Beautiful version of an old standby. Love it!  :thumbup:


----------



## springchicken66 (Nov 6, 2011)

Hello. Just lovely. Lucky baby. springchicken66


----------



## bonster (Jan 28, 2011)

F&F is one of my favorite patterns. In fact I have on the shawl I knitted using the pattern right now! You did a beautiful job on the blanket. I'm sure it will be treasured for years!


----------



## cinknitting (Feb 17, 2011)

very lovely


----------



## kyterp (Mar 3, 2011)

Atta girl!


----------



## kateeskloset (Oct 26, 2011)

gorgeous. I envy anyone who has hands that can still work with the smaller needles.


----------



## NYKnitter (Apr 5, 2012)

beautiful!


----------



## Diane D (Apr 7, 2012)

Well done and its tooo beautiful ....


----------



## Jayne p (Apr 21, 2012)

Beautiful job. How many stitches did you cast on. Thanks.


----------



## paljoey46 (Nov 20, 2011)

Fiona Dawn said:


> I love it, where can I find this pattern? I don't know if I could do it, I'd probably get lost with the pattern, but I'd love to try it!


Just google feather and fan baby blanket.
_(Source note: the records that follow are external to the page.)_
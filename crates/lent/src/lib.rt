// A step on a lent machine, which is found advanced after the call, and as it was where the step is refused; and one by value over it. The step itself is in
// crate `step`, by value.
#![tactic(auto)]

ghost use Rattle.std.specs.Prelude.{◌≡◌};
ghost use Rattle.model.specs.Calls.{step};
ghost use Rattle.model.specs.Execution as execution;
ghost use Rattle.refusal.specs.Numbers.{answer_of};
ghost use Rattle.step.specs.Meaning.{left, left_of};

use machine::{Outcome, put_processor};
use model::Machine;
use refusal::Refusal;
use step::step;

/// Machine and CPU record are lent. What a step is lent comes as C lends it, part by part: a struct of it would be taken apart where it is made.
pub fn step_lent(
    m: &mut Machine,
    processor: u8,
    cpu: &mut [u8],
    memory: &[u8],
    random: &[u8],
    string: &[u8],
) -> Result<(), Refusal>
    ensures { left (answer_of result) m.new cpu.new ≡ left_of (execution.call m.old (step (record { processor = processor; cpu = cpu.old; memory = memory.now; random = random.now; string = string.now }))) }
{
    let e = step(*m, processor, cpu, memory, random, string)?;
    put_processor(m, processor, &e);
    Ok(())
}

/// The machine by value, through `step_lent`, and given back beside the answer, refused or not; the CPU record is lent.
pub fn step_through(
    m: Machine,
    processor: u8,
    cpu: &mut [u8],
    memory: &[u8],
    random: &[u8],
    string: &[u8],
) -> Outcome
    ensures { left (answer_of result.answer) result.machine cpu.new ≡ left_of (execution.call m (step (record { processor = processor; cpu = cpu.old; memory = memory.now; random = random.now; string = string.now }))) }
{
    let mut machine = m;
    let answer = step_lent(&mut machine, processor, cpu, memory, random, string);
    Outcome { machine, answer }
}
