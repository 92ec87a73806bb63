// The float door: readings that come as 64-bit floats, taken as parts where their values are whole numbers within the limit.
// Easts and norths come as two lent lists, and go to two: the C interface, and the form that the rules fix.
#![tactic(auto)]

ghost use Rattle.std.specs.Prelude.{◌≡◌, ◌<◌, ◌≤◌, None, length, slice_index_or};
ghost use Rattle.std.specs.Float.{nan};
ghost use Rattle.rules.specs.Lists.{written};
ghost use Rattle.rules.specs.Door.{part, readings};
ghost use Rattle.rules.specs.Entries.{door_answer, door_output_after, taken_east, taken_north};
ghost use Rattle.door.specs.DoorAnswers.{part_as, door_as, part_taken, part_at, reading_taken, reading_at as taken_at, whole_of, wholes, readings_as};

use samples::refusals::{Reason, Refusal};
use samples::streams::Stream;
use samples::tests::{MOST, too_short};

// each part lies from -LIMIT to LIMIT
const LIMIT: f64 = 1000000.0;

// What the door makes of one float. An enum of its own, as the rules fix it: 13 and 14 hand back the float itself.
#[derive(Clone, Copy)]
pub enum PartAnswer {
    Whole(i32),
    NotANumber,
    TooLarge(f64),
    Fraction(f64),
}

// An east and a north together.
#[derive(Clone, Copy)]
pub struct Reading {
    pub east: f64,
    pub north: f64,
}

// Why the door refuses two lists, with the float itself where it is handed back.
#[derive(Clone, Copy)]
pub struct DoorRefusal {
    pub refusal: Refusal,
    pub float: Option<f64>,
}

// One that names no place and hands back no float.
impl From<Reason> for DoorRefusal {
    ghost from_gives = { λ reason r. r ≡ record { refusal = record { reason = reason; place = 0 }; float = None } };

    fn from(reason: Reason) -> DoorRefusal {
        DoorRefusal {
            refusal: reason.into(),
            float: None,
        }
    }
}

// A part is taken exactly if its value is a whole number within the limit; minus zero is taken as 0.
pub fn part(x: f64) -> PartAnswer
    ensures { part_as result ≡ part x }
{
    if x != x {
        return PartAnswer::NotANumber;
    }
    if x < -LIMIT || LIMIT < x {
        return PartAnswer::TooLarge(x);
    }
    if std::num::truncating_f64_to_i64(x) as f64 != x {
        return PartAnswer::Fraction(x);
    }
    // minus zero too, whose sign the cast would lose
    if x == 0.0 {
        return PartAnswer::Whole(0);
    }
    PartAnswer::Whole(x as i32)
}

impl PartAnswer {
    // The whole number that a part of the reading at a place is taken as, or its refusal.
    fn taken(self, place: usize) -> Result<i32, DoorRefusal>
        ensures { part_taken result ≡ part_at (part_as self) place }
    {
        let (reason, float) = match self {
            PartAnswer::Whole(n) => return Ok(n),
            PartAnswer::NotANumber => (Reason::NotANumber, None),
            PartAnswer::TooLarge(x) => (Reason::TooLarge, Some(x)),
            PartAnswer::Fraction(x) => (Reason::Fraction, Some(x)),
        };
        Err(DoorRefusal {
            refusal: reason.at(place),
            float,
        })
    }

    // The whole number that a part is taken as. The entry asks it only of parts that are taken.
    fn whole(self) -> i32
        ensures { result ≡ whole_of (part_as self) }
    {
        match self {
            PartAnswer::Whole(n) => n,
            _ => 0,
        }
    }
}

impl Reading {
    // The stream that the reading at a place is taken as, or the refusal of its first bad part, east before north.
    fn taken(self, place: usize) -> Result<Stream, DoorRefusal>
        ensures { reading_taken result ≡ taken_at (part self.east) (part self.north) place }
    {
        let east = part(self.east).taken(place)?;
        let north = part(self.north).taken(place)?;
        Ok(Stream { east, north })
    }
}

// The reading at a place of the two lists.
fn reading_at(es: &[f64], ns: &[f64], place: usize) -> Reading
    requires { (place < length es.now) × (place < length ns.now) }
    ensures { result ≡ record { east = slice_index_or es.now place nan; north = slice_index_or ns.now place nan } }
{
    Reading {
        east: es[place],
        north: ns[place],
    }
}

// The refusal of the first bad reading, where there is one.
fn first_bad(es: &[f64], ns: &[f64]) -> Result<(), DoorRefusal>
    requires { length es.now ≡ length ns.now }
    ensures { readings_as (wholes es.now) (wholes ns.now) result ≡ readings 0 es.now ns.now }
{
    for place in 0..es.len() {
        reading_at(es, ns, place).taken(place)?;
    }
    Ok(())
}

// Writes the whole number of each part at its place, once all readings are found to be taken.
fn write_wholes(parts: &[f64], output: &mut [i32])
    requires { length parts.now ≤ length output.old }
    ensures { output.new ≡ written (wholes parts.now) output.old }
{
    for (i, x) in parts.iter().enumerate() {
        output[i] = part(*x).whole();
    }
}

// Takes the readings of two lists: their parts at the front of two output lists. The first bad reading decides.
pub fn take_readings(
    es: &[f64],
    ns: &[f64],
    east: &mut [i32],
    north: &mut [i32],
) -> Result<usize, DoorRefusal>
    ensures answer { door_as result ≡ door_answer es.now ns.now east.old north.old }
    ensures east { east.new ≡ door_output_after (taken_east (readings 0 es.now ns.now))
        (door_answer es.now ns.now east.old north.old) east.old }
    ensures north { north.new ≡ door_output_after (taken_north (readings 0 es.now ns.now))
        (door_answer es.now ns.now east.old north.old) north.old }
{
    let count = es.len();
    if count != ns.len() {
        return Err(Reason::LengthsDiffer.into());
    }
    if MOST < count {
        return Err(Reason::TooMany.into());
    }
    first_bad(es, ns)?;
    if too_short(east.len(), north.len(), count) {
        return Err(Reason::OutputShort.into());
    }
    write_wholes(es, east);
    write_wholes(ns, north);
    Ok(count)
}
It is so easy it's a four row pattern repeat and once you get a few rows up, it is simple. This is my go to pattern for baby blankets.


----------



## Diane D (Apr 7, 2012)

Jayne p said:


> Beautiful job. How many stitches did you cast on. Thanks.


http://www.pagebypage.com/blanketfeatherandfan.php


----------



## Rosette (Oct 7, 2011)

One of my favourite patterns too, and very neat work.


----------



## blackat99 (Nov 4, 2011)

Beautiful work!! :wink:


----------



## jennyb1 (Mar 31, 2011)

It's beautiful!!!


----------



## adele02155 (Jan 26, 2011)

Beautiful!!!!!


----------



## mslulu68 (Jun 12, 2011)

That is just beautiful .


----------



## DeeOdam (Feb 3, 2012)

I LOVE this pattern. It is so lovely. I made one in a yellow for my Grandson 4yrs ago now his baby sister is using it now. I enjoyed making it, hope you did also.


----------



## Suo (Jul 25, 2011)

Simply beautiful!


----------



## Leonora (Apr 22, 2011)

Beautiful work.


----------



## Sandiego (Sep 17, 2011)

Lovely!! ;0)


----------



## grandmatimestwo (Mar 30, 2011)

Gorgeous!


----------



## Jean K (Sep 9, 2011)

Your knitting is beautiful!


----------



## endless creations (Jul 17, 2011)

That's lovely. Well Done


----------



## Marianne818 (Jan 2, 2012)

Beautiful!! :thumbup: :thumbup:


----------



## poochy2 (Aug 19, 2011)

Beautiful.


----------



## cwknitnut (Nov 16, 2011)

2cwdance said:


> See pic.


Nice job!


----------



## jleighton (Jan 23, 2011)

so nice. your knit beautifully! what a blessed baby to snuggle up with such a lovely blankie!


----------



## librarylover (Apr 19, 2012)

What a work of art! So classically beautiful. The little one swathed in your love is most fortunate.


----------



## slaurance (Feb 14, 2011)

Very beautiful and elegant. It makes me envious.....lol


----------



## Homeshppr (Feb 28, 2011)

This is still one of my favorite patterns for babies. There's a good reason it's become such a classic.


----------



## mochamarie (Mar 9, 2012)

You did a beautiful job. Have been thinking of making a feather and fan baby afghan, but can't find a pattern I like. Where did you
find yours? Or do you have a suggestion where I could find one that is similar. All patterns are not created equal I've found!


----------



## 2cwdance (May 4, 2011)

Pattern is one page back, pg 3.


----------



## 5mmdpns (Jun 1, 2011)

2cwdance said:


> I designed my own pattern, much like the pattern in the link. I just finished a sweater with the stitch, so decided to make the blanket, if I use my own design, then it is not a copy of a copyright.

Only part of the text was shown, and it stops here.